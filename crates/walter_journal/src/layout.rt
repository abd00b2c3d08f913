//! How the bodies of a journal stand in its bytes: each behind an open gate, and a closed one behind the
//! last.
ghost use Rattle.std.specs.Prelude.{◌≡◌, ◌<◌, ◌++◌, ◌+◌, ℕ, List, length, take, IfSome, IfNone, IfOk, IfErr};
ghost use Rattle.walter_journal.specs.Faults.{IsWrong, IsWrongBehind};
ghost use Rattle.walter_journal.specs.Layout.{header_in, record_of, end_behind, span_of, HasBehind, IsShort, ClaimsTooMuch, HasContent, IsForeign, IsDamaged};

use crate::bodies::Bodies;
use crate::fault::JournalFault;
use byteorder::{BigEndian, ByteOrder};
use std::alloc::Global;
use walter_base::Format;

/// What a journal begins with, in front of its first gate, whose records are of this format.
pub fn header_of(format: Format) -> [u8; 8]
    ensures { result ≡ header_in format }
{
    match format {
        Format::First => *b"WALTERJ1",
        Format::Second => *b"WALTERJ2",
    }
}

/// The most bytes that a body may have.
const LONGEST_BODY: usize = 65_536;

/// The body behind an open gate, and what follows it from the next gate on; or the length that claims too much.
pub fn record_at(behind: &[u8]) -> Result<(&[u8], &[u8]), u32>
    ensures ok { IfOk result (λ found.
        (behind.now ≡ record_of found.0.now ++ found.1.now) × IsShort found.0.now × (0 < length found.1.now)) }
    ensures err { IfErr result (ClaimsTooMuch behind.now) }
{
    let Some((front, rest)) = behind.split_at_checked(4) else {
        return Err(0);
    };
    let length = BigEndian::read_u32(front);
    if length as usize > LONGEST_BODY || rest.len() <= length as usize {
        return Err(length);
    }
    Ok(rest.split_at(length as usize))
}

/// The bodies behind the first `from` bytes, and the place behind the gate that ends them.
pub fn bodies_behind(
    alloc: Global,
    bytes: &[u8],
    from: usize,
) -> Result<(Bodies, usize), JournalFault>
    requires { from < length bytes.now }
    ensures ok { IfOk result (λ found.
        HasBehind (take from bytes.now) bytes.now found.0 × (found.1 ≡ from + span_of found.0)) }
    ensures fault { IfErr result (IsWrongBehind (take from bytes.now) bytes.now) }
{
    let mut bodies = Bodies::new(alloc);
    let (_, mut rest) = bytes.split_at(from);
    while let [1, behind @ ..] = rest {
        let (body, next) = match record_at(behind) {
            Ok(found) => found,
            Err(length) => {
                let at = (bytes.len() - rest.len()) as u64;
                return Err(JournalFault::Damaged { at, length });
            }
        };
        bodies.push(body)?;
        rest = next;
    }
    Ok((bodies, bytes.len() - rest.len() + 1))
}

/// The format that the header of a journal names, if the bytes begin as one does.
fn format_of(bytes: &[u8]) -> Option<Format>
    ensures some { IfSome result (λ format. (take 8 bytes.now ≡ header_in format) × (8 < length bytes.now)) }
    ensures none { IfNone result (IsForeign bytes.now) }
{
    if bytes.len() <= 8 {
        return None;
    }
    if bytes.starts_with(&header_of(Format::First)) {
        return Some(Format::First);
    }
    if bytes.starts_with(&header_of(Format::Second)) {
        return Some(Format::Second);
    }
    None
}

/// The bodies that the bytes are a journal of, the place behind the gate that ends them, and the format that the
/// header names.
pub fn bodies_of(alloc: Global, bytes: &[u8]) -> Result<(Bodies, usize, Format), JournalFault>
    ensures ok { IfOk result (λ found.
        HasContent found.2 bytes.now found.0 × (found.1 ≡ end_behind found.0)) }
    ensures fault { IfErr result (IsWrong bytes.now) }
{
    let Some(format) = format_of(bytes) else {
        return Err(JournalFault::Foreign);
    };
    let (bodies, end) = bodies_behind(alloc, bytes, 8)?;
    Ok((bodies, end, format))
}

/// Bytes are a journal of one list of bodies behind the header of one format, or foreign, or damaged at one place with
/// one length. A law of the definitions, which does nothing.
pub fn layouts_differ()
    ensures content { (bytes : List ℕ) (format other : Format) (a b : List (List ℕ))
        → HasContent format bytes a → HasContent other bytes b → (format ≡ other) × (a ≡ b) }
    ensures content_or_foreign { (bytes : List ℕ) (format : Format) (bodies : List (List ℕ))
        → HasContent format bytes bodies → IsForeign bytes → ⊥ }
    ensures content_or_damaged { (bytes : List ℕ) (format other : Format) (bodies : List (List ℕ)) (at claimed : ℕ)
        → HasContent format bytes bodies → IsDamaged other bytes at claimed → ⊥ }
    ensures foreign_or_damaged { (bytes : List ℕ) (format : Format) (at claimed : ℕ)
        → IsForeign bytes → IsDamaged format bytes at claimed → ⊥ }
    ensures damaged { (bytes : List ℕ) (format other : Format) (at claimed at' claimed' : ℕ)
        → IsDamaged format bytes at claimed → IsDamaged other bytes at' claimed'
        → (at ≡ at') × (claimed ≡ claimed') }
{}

## [Work task]
The entire listing needs to be output again, exactly, please.

## [Task answer]
filename crates/walter_journal/src/layout.rt
repository abd00b2c3d08f913
//! How the bodies of a journal stand in its bytes: each behind an open gate, and a closed one behind the
//! last.
ghost use Rattle.std.specs.Prelude.{◌≡◌, ◌<◌, ◌++◌, ◌+◌, ℕ, List, length, take, IfSome, IfNone, IfOk, IfErr};
ghost use Rattle.walter_journal.specs.Faults.{IsWrong, IsWrongBehind};
ghost use Rattle.walter_journal.specs.Layout.{header_in, record_of, end_behind, span_of, HasBehind, IsShort, ClaimsTooMuch, HasContent, IsForeign, IsDamaged};

use crate::bodies::Bodies;
use crate::fault::JournalFault;
use byteorder::{BigEndian, ByteOrder};
use std::alloc::Global;
use walter_base::Format;

/// What a journal begins with, in front of its first gate, whose records are of this format.
pub fn header_of(format: Format) -> [u8; 8]
    ensures { result ≡ header_in format }
{
    match format {
        Format::First => *b"WALTERJ1",
        Format::Second => *b"WALTERJ2",
    }
}

/// The most bytes that a body may have.
const LONGEST_BODY: usize = 65_536;

/// The body behind an open gate, and what follows it from the next gate on; or the length that claims too much.
pub fn record_at(behind: &[u8]) -> Result<(&[u8], &[u8]), u32>
    ensures ok { IfOk result (λ found.
        (behind.now ≡ record_of found.0.now ++ found.1.now) × IsShort found.0.now × (0 < length found.1.now)) }
    ensures err { IfErr result (ClaimsTooMuch behind.now) }
{
    let Some((front, rest)) = behind.split_at_checked(4) else {
        return Err(0);
    };
    let length = BigEndian::read_u32(front);
    if length as usize > LONGEST_BODY || rest.len() <= length as usize {
        return Err(length);
    }
    Ok(rest.split_at(length as usize))
}

/// The bodies behind the first `from` bytes, and the place behind the gate that ends them.
pub fn bodies_behind(
    alloc: Global,
    bytes: &[u8],
    from: usize,
) -> Result<(Bodies, usize), JournalFault>
    requires { from < length bytes.now }
    ensures ok { IfOk result (λ found.
        HasBehind (take from bytes.now) bytes.now found.0 × (found.1 ≡ from + span_of found.0)) }
    ensures fault { IfErr result (IsWrongBehind (take from bytes.now) bytes.now) }
{
    let mut bodies = Bodies::new(alloc);
    let (_, mut rest) = bytes.split_at(from);
    while let [1, behind @ ..] = rest {
        let (body, next) = match record_at(behind) {
            Ok(found) => found,
            Err(length) => {
                let at = (bytes.len() - rest.len()) as u64;
                return Err(JournalFault::Damaged { at, length });
            }
        };
        bodies.push(body)?;
        rest = next;
    }
    Ok((bodies, bytes.len() - rest.len() + 1))
}

/// The format that the header of a journal names, if the bytes begin as one does.
fn format_of(bytes: &[u8]) -> Option<Format>
    ensures some { IfSome result (λ format. (take 8 bytes.now ≡ header_in format) × (8 < length bytes.now)) }
    ensures none { IfNone result (IsForeign bytes.now) }
{
    if bytes.len() <= 8 {
        return None;
    }
    if bytes.starts_with(&header_of(Format::First)) {
        return Some(Format::First);
    }
    if bytes.starts_with(&header_of(Format::Second)) {
        return Some(Format::Second);
    }
    None
}

/// The bodies that the bytes are a journal of, the place behind the gate that ends them, and the format that the
/// header names.
pub fn bodies_of(alloc: Global, bytes: &[u8]) -> Result<(Bodies, usize, Format), JournalFault>
    ensures ok { IfOk result (λ found.
        HasContent found.2 bytes.now found.0 × (found.1 ≡ end_behind found.0)) }
    ensures fault { IfErr result (IsWrong bytes.now) }
{
    let Some(format) = format_of(bytes) else {
        return Err(JournalFault::Foreign);
    };
    let (bodies, end) = bodies_behind(alloc, bytes, 8)?;
    Ok((bodies, end, format))
}

/// Bytes are a journal of one list of bodies behind the header of one format, or foreign, or damaged at one place with
/// one length. A law of the definitions, which does nothing.
pub fn layouts_differ()
    ensures content { (bytes : List ℕ) (format other : Format) (a b : List (List ℕ))
        → HasContent format bytes a → HasContent other bytes b → (format ≡ other) × (a ≡ b) }
    ensures content_or_foreign { (bytes : List ℕ) (format : Format) (bodies : List (List ℕ))
        → HasContent format bytes bodies → IsForeign bytes → ⊥ }
    ensures content_or_damaged { (bytes : List ℕ) (format other : Format) (bodies : List (List ℕ)) (at claimed : ℕ)
        → HasContent format bytes bodies → IsDamaged other bytes at claimed → ⊥ }
    ensures foreign_or_damaged { (bytes : List ℕ) (format : Format) (at claimed : ℕ)
        → IsForeign bytes → IsDamaged format bytes at claimed → ⊥ }
    ensures damaged { (bytes : List ℕ) (format other : Format) (at claimed at' claimed' : ℕ)
        → IsDamaged format bytes at claimed → IsDamaged other bytes at' claimed'
        → (at ≡ at') × (claimed ≡ claimed') }
{}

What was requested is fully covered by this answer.